### Given records
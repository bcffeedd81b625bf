//! A writer that takes a few bytes a call and fails at a given call.
ghost use Rattle.std.specs.Prelude.{◌≡◌, Some, []};

use std::alloc::Global;
use std::io::{self, ErrorKind, Write};

/// Takes at most `step` bytes a call, none where `step` is 0. Call number `fails_at`, from 1, is
/// interrupted and takes nothing; 0 means none. A flush is a call too.
#[derive(Drop)]
pub(crate) struct SlowWriter {
    /// What was written.
    pub(crate) bytes: Vec<u8>,
    step: usize,
    fails_at: u64,
    /// How many writes and flushes there were.
    pub(crate) calls: u64,
    /// How many flushes there were.
    pub(crate) flushes: u64,
}

impl SlowWriter {
    /// A writer that holds nothing and hasn't been called yet.
    pub(crate) fn new(alloc: Global, step: usize, fails_at: u64) -> Self
        ensures bytes { result.bytes.items ≡ [] }
        ensures step { result.step ≡ step }
        ensures fails_at { result.fails_at ≡ fails_at }
        ensures calls { result.calls ≡ 0 }
        ensures flushes { result.flushes ≡ 0 }
    {
        SlowWriter {
            bytes: Vec::new(alloc),
            step,
            fails_at,
            calls: 0,
            flushes: 0,
        }
    }

    fn count_call(&mut self) -> io::Result<()>
        ensures { self.new.bytes ≡ self.old.bytes }
    {
        self.calls = self.calls.saturating_add(1);
        if self.calls == self.fails_at {
            return Err(io::Error::from(ErrorKind::Interrupted));
        }
        Ok(())
    }
}

impl Write for SlowWriter {
    ghost contents = { λ w. Some w.bytes.items };

    fn write(&mut self, buf: &[u8]) -> io::Result<usize> {
        self.count_call()?;
        let n = self.step.min(buf.len());
        self.bytes.extend_from_slice(&buf[..n])?;
        Ok(n)
    }

    fn flush(&mut self) -> io::Result<()> {
        self.flushes = self.flushes.saturating_add(1);
        self.count_call()
    }
}
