//! Lookups in example maps, and their probes.
ghost use Rattle.std.specs.Prelude.{◌≡◌};
ghost use Rattle.smap_record.specs.Record.{record_of};
ghost use Rattle.smap_trace.specs.LineStarts.{line_starts};

use crate::suite::asserted::{equal, holds};
use crate::suite::reading::read;
use smap_record::{SourceMap, TokenView};
use smap_trace::{LineStarts, find, find_in, lookup, lookup_in};
use std::process::Abort;

const EMPTY: &str = r#"{"version":3,"mappings":""}"#;

/// Four lines with 1, 0, 3 and 7 mappings, the last two with some at equal columns. By halving, a position
/// among one less than a power of two takes as many probes as that power says, wherever it lies.
const LINES: &str = concat!(
    r#"{"version":3,"sources":["a.js"],"mappings":"#,
    r#""AAAA;;AACA,CACA,AACA;AACA,CACA,CACA,AACA,CACA,CACA,CACA"}"#,
);

/// Two mappings on line 8. The table of its lines is empty, since they are more than twice the mappings and
/// two.
const FAR: &str = r#"{"version":3,"sources":["a.js"],"mappings":";;;;;;;;AAAA,CAAC"}"#;

/// The line of the original of a mapping that was found.
fn line_of(found: Option<TokenView<'_>>) -> Option<u32> {
    Some(found?.original?.line)
}

/// The index of a mapping and the line of its original; the least and the most probes by the table of the
/// map's lines.
type Expected = ((Option<usize>, Option<u32>), (u32, u32));

/// Asserts that a lookup among all mappings of a map takes as many probes as halving does: as many as their
/// number has binary digits, or one fewer.
fn are_halvings(rt: &impl Abort, map: &SourceMap, place: (u32, u32), probes: u32) {
    let digits = usize::BITS - map.token_count().leading_zeros();
    holds(
        rt,
        (place, probes),
        probes <= digits && digits <= probes.saturating_add(1),
    );
}

/// Asserts which mapping each lookup finds for a position.
fn is_found(
    rt: &impl Abort,
    map: &SourceMap,
    starts: &LineStarts,
    place: (u32, u32),
    expected: Expected,
)
    requires { starts.now ≡ line_starts (record_of map.now).mappings }
{
    let (line, column) = place;
    let (expected, (least, most)) = expected;
    let (found, probes) = find(map, line, column);
    let (view, same_probes) = lookup(map, line, column);
    equal(rt, place, (found, line_of(view)), expected);
    equal(rt, place, probes, same_probes);
    are_halvings(rt, map, place, probes);
    let (found, probes) = find_in(map, starts, line, column);
    let (view, same_probes) = lookup_in(map, starts, line, column);
    equal(rt, place, (found, line_of(view)), expected);
    equal(rt, place, probes, same_probes);
    holds(rt, (place, probes), least <= probes && probes <= most);
}

/// Asserts that of a map, with the table that is made of it.
fn is_found_in(
    rt: &(impl Abort + AllocGlobal),
    map: &SourceMap,
    place: (u32, u32),
    expected: Expected,
) {
    let starts = LineStarts::new(rt.alloc(), map).expect(rt, "a table is made");
    is_found(rt, map, &starts, place, expected);
}

#[test]
fn the_last_mapping_up_to_a_position_is_found(rt: HostRuntime) {
    for &(text, place, index, line, probes) in &[
        (EMPTY, (0, 0), None, None, (0, 0)),
        (LINES, (0, 0), Some(0), Some(0), (1, 1)),
        (LINES, (0, 2147483647), Some(0), Some(0), (1, 1)),
        (LINES, (1, 5), None, None, (0, 0)),
        (LINES, (2, 0), Some(1), Some(1), (2, 2)),
        (LINES, (2, 1), Some(3), Some(3), (2, 2)),
        (LINES, (3, 1), Some(5), Some(5), (3, 3)),
        (LINES, (3, 2), Some(7), Some(7), (3, 3)),
        (LINES, (3, 9), Some(10), Some(10), (3, 3)),
        (LINES, (4, 0), None, None, (3, 4)),
        (FAR, (0, 0), None, None, (1, 2)),
        (FAR, (8, 0), Some(0), Some(0), (1, 2)),
        (FAR, (8, 1), Some(1), Some(0), (1, 2)),
    ] {
        is_found_in(&rt, &read(&rt, text), place, ((index, line), probes));
    }
}
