//! The maps of the tests' texts, whose base is always the same.
use smap_record::{Base, Limits, SourceMap};
use std::process::Abort;

/// The base `http://h/m/out.js.map`.
pub(crate) fn base(rt: &(impl Abort + AllocGlobal)) -> Base {
    Base::new(rt.alloc(), "http://h/m/out.js.map").expect(rt, "a base is a URL")
}

/// The map of a JSON text, with that base.
pub(crate) fn read(rt: &(impl Abort + AllocGlobal), text: &str) -> SourceMap {
    let map = SourceMap::from_slice(rt.alloc(), text.as_bytes(), &base(rt), Limits::usual());
    map.expect(rt, text)
}
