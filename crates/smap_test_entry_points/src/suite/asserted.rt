//! Assertions as calls. A test that calls these is proved several times faster than one with the branches
//! of `assert_eq!` in it, all the more where it keeps a map, a text or a device alive across them. Only tests
//! may end the process, so no library can have these.
use std::fmt::Debug;
use std::process::Abort;

/// Asserts that what was found is what was expected, and otherwise says both, after the row or thing.
pub(crate) fn equal<R: Copy + Debug, T: Copy + Debug + PartialEq>(
    rt: &impl Abort,
    row: R,
    found: T,
    expected: T,
) {
    holds(rt, (row, found, expected), found == expected);
}

/// Asserts a claim, and says otherwise of which row or thing it fails.
pub(crate) fn holds<R: Copy + Debug>(rt: &impl Abort, row: R, claim: bool) {
    assert!(rt; claim, "{row:?}");
}
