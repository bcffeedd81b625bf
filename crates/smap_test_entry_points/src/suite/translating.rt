//! A trace and a line, by calls that the program doesn't make. Many more lines are in the tables of
//! `tests/rows/`.
use crate::suite::asserted::equal;
use crate::suite::reading::read;
use smap_io::Device;
use smap_record::SourceMap;
use smap_trace::{Counts, LineOutcome, MatchMode, distinct_scripts, translate_by, translate_line};
use std::process::Abort;

const MAP: &str = r#"{"version":3,"sources":["a.js"],"mappings":"AAUE,IAEA"}"#;

const ANYWHERE: MatchMode = MatchMode {
    anywhere: true,
    ignore_query: false,
};

const TRACE: &[u8] = b"(/ab.js:1:2) /a.js:1:2/b.js:1:5\nx/b.js:1:2\n@/a.js:1:2";

const TOLD: &[u8] =
    b"(http://h/m/a.js:11:3) http://h/m/a.js:13:3\nx/b.js:1:2\n@http://h/m/a.js:11:3";

const COUNTS: Counts = Counts {
    lines: 3,
    translated: 2,
    dropped: 0,
};

/// Asserts that a trace and a line of it are translated with these scripts.
fn is_translated(rt: &(impl Abort + AllocGlobal), scripts: &[(&str, &SourceMap)]) {
    assert!(rt; distinct_scripts(scripts));
    let mut reader = Device::new(TRACE);
    let mut writer = Device::new(Vec::new(rt.alloc()));
    let hide = false;
    let answer = translate_by(
        rt.alloc(),
        &mut reader,
        scripts,
        ANYWHERE,
        hide,
        &mut writer,
    );
    equal(rt, "counts", answer, Ok(COUNTS));
    equal(rt, "translation", writer.into_inner().as_slice(), TOLD);
    let mut out = Vec::new(rt.alloc());
    let answer = translate_line(b"@/a.js:1:2", scripts, hide, &mut out);
    equal(rt, "outcome", answer, Ok(LineOutcome::Translated));
}

/// Asserts that of five scripts, which are one more than are searched one by one.
fn is_translated_by_five(rt: &(impl Abort + AllocGlobal), map: &SourceMap) {
    let scripts = [
        ("/a.js", map),
        ("/ab.js", map),
        ("/a.js:1:2/b.js", map),
        ("/b.js", map),
        ("/c.js", map),
    ];
    is_translated(rt, &scripts);
}

#[test]
fn a_trace_of_five_scripts_is_translated(rt: HostRuntime) {
    is_translated_by_five(&rt, &read(&rt, MAP));
}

### Exercise directions
For each line of the entries that includes "Prelude", show that line.

### Result for this task
ghost use Rattle.std.specs.Prelude.{◌≡◌, Some, []};
ghost use Rattle.std.specs.Prelude.{◌≡◌};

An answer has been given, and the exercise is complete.